» WHAT NEEDS TO BE DONE: Find the line with "if s.len().saturating_sub(at) / CELL_BYTES" in the entries below. Repeat it, every following line, and the line with "Puts a word", exactly and with nothing added.

Source records
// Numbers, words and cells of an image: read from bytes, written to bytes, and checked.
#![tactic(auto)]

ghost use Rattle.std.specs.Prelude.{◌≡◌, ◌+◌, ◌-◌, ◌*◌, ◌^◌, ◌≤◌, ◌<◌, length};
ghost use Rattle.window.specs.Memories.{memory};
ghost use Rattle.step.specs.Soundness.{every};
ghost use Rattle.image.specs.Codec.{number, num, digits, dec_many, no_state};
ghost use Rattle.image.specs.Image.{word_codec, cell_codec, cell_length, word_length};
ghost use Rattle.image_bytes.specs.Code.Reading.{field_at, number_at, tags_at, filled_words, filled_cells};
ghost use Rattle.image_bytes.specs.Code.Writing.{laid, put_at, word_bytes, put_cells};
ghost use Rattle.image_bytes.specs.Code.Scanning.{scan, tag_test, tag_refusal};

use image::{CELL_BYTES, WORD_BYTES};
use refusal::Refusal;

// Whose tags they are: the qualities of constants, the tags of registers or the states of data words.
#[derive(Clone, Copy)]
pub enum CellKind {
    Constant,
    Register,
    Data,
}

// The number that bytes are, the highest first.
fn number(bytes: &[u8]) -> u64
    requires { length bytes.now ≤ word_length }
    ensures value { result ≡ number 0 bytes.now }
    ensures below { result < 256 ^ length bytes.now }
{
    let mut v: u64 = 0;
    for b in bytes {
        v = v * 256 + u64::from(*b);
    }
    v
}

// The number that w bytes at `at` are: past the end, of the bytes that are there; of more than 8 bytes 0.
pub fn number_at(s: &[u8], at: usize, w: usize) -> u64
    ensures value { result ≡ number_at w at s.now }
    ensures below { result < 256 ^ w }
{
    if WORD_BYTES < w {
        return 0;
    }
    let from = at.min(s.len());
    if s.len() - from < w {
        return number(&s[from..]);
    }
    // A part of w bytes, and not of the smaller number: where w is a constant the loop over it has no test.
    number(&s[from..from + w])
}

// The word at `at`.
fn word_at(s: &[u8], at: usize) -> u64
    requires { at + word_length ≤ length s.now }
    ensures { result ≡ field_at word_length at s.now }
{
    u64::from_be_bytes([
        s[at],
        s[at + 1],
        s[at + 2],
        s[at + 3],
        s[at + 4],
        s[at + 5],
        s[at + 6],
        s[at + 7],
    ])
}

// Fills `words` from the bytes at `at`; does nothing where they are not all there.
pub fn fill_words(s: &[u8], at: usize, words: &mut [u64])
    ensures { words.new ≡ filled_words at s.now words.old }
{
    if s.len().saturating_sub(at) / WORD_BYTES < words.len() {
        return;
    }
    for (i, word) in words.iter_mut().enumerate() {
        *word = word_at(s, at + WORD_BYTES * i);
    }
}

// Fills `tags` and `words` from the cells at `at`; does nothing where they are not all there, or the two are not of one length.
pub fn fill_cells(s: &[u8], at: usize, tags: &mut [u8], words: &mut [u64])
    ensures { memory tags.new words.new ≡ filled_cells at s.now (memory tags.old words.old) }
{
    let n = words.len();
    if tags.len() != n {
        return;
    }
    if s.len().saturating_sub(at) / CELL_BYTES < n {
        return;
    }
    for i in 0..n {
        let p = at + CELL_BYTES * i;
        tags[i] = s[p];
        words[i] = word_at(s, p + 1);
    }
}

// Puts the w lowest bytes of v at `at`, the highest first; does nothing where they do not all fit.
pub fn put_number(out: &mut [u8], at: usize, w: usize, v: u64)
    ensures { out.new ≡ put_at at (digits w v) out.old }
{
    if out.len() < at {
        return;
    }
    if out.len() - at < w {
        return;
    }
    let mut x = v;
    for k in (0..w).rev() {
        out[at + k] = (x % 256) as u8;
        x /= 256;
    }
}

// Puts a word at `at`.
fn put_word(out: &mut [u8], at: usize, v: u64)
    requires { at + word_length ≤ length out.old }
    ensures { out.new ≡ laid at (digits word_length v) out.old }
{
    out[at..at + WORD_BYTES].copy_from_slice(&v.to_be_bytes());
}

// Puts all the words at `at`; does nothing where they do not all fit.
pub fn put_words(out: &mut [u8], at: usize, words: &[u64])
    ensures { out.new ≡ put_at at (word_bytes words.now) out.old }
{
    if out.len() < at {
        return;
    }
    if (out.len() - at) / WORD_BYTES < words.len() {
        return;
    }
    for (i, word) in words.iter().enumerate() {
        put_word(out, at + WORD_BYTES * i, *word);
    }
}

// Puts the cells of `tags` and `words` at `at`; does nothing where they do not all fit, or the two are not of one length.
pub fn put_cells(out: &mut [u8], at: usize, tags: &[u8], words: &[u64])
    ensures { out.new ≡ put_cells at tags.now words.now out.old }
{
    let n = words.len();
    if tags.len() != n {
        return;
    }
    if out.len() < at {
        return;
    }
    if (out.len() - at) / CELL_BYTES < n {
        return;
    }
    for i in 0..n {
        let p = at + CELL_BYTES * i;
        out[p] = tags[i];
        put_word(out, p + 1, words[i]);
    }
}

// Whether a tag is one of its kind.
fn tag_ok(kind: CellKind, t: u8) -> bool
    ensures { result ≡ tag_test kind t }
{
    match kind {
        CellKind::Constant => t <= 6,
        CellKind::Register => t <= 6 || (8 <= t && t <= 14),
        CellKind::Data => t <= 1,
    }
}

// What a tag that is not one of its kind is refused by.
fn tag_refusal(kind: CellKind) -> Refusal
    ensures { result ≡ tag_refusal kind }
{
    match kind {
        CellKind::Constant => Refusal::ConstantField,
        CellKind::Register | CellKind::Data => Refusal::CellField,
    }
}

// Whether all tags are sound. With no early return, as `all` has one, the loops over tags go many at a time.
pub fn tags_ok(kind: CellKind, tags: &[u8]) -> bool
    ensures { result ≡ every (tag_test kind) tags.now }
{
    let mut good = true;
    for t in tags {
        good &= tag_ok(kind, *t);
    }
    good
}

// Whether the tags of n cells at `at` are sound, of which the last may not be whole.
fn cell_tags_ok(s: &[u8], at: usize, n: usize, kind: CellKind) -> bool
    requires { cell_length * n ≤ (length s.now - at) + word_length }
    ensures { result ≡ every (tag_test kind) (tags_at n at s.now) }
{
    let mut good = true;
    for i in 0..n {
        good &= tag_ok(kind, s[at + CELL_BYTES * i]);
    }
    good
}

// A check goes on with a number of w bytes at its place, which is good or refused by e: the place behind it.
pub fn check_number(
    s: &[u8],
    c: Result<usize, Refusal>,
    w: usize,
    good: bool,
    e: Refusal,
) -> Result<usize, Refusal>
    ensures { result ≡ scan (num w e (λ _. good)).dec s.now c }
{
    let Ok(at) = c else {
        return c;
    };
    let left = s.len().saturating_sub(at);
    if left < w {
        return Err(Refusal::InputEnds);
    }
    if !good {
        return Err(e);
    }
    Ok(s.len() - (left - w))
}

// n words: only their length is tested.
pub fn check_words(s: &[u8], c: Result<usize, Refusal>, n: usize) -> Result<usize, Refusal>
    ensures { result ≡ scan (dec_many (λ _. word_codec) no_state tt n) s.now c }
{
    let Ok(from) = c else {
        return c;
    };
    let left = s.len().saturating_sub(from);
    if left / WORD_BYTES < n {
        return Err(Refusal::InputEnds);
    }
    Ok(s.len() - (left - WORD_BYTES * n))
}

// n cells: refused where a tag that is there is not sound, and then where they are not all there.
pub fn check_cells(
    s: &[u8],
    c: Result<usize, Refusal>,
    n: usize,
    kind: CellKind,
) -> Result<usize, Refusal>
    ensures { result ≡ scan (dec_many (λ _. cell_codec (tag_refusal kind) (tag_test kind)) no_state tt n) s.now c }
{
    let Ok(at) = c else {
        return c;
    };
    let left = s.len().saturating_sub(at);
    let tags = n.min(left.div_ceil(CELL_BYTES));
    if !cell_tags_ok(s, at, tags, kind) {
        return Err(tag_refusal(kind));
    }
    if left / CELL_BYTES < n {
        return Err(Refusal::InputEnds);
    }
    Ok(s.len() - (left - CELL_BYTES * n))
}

» OUTPUT BELOW:
    if s.len().saturating_sub(at) / CELL_BYTES < n {
        return;
    }
    for i in 0..n {
        let p = at + CELL_BYTES * i;
        tags[i] = s[p];
        words[i] = word_at(s, p + 1);
    }
}

// Puts the w lowest bytes of v at `at`, the highest first; does nothing where they do not all fit.
pub fn put_number(out: &mut [u8], at: usize, w: usize, v: u64)
    ensures { out.new ≡ put_at at (digits w v) out.old }
{
    if out.len() < at {
        return;
    }
    if out.len() - at < w {
        return;
    }
    let mut x = v;
    for k in (0..w).rev() {
        out[at + k] = (x % 256) as u8;
        x /= 256;
    }
}

// Puts a word at `at`.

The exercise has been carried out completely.